Ook in zoverre faalt het middel. Het Hof heeft bij zijn waardering van belanghebbendes verklaring in de fiscale procedure dat het bij huiszoeking aangetroffen bedrag voor een deel van ƒ 40.000 door hem geleend was van een derde, in aanmerking genomen dat belanghebbende eerder jegens politieambtenaren juist had verklaard dat het geld hem toebehoorde. Aan die eerdere verklaring heeft het Hof klaarblijkelijk meer gewicht toegekend dan aan de in de fiscale procedure afgelegde verklaring over een lening van een derde. Door bij die afweging mede in aanmerking te nemen dat belanghebbende bij gelegenheid van het afleggen van zijn eerste verklaring geen uitsluitsel wenste te geven over de herkomst van het geld, en met betrekking tot die omstandigheid te overwegen dat, als er in werkelijkheid sprake zou zijn van een geldlening, er voor belanghebbende toen geen enkele aanleiding zou zijn geweest om dit voor de politie verborgen te houden, heeft het Hof aldus, anders dan het middel betoogt, geen rechtsregel geschonden en met name geen afbreuk gedaan aan het aan belanghebbende als verdachte toekomende zwijgrecht. Evenmin heeft het Hof, zoals het middel aanvoert, enige vorm verzuimd waarvan de niet-naleving nietigheid medebrengt.
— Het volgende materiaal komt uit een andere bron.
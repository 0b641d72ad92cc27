//! The input and the output of the console: readers and writers that count, the lines of an input, one
//! after another, a stream of which only so much is read for one message, what is told beside the
//! output, and a text without what a terminal obeys.
//!
//! ```text
//! let mut lines = LineReader::new(alloc)?;
//! while lines.next(&mut reader)? {
//!     do_line(lines.line());                       // without the line feed at its end
//! }
//! ```
#![tactic(auto)]

mod fault;
mod lines;
mod log;
mod stream;
mod text;

pub use fault::{ConsoleError, Fault};
pub use lines::{LineReader, MOST_INPUT};
pub use log::{LOG_PREFIX, Log, Silent, Telling};
pub use stream::{Counted, Drain, Failed, MAX_MESSAGE_BYTES, Reading, Source, Writing};
pub use text::{plain_examples, push_plain, write_printed};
3.5. Voorzover ten slotte met de klacht over vormverzuim is bedoeld te klagen over de motivering van 's Hofs bewijsoordeel, mist het middel doel omdat dat oordeel geen nadere motivering behoefde dan door het Hof gegeven, en die motivering niet onbegrijpelijk is.

3.6. Het middel faalt derhalve in al zijn onderdelen.

4. Proceskosten

De Hoge Raad acht geen termen aanwezig voor een veroordeling in de proceskosten.

5. Beslissing

De Hoge Raad verklaart het beroep ongegrond.

Dit arrest is gewezen door de vice-president E. Korthals Altes als voorzitter, en de raadsheren A.G. Pos, D.H. Beukenhorst, L. Monné en J.W. van den Berge, in tegenwoordigheid van de waarnemend griffier A.I. Boussak-Leeksma, en in het openbaar uitgesproken op 27 juni 2001.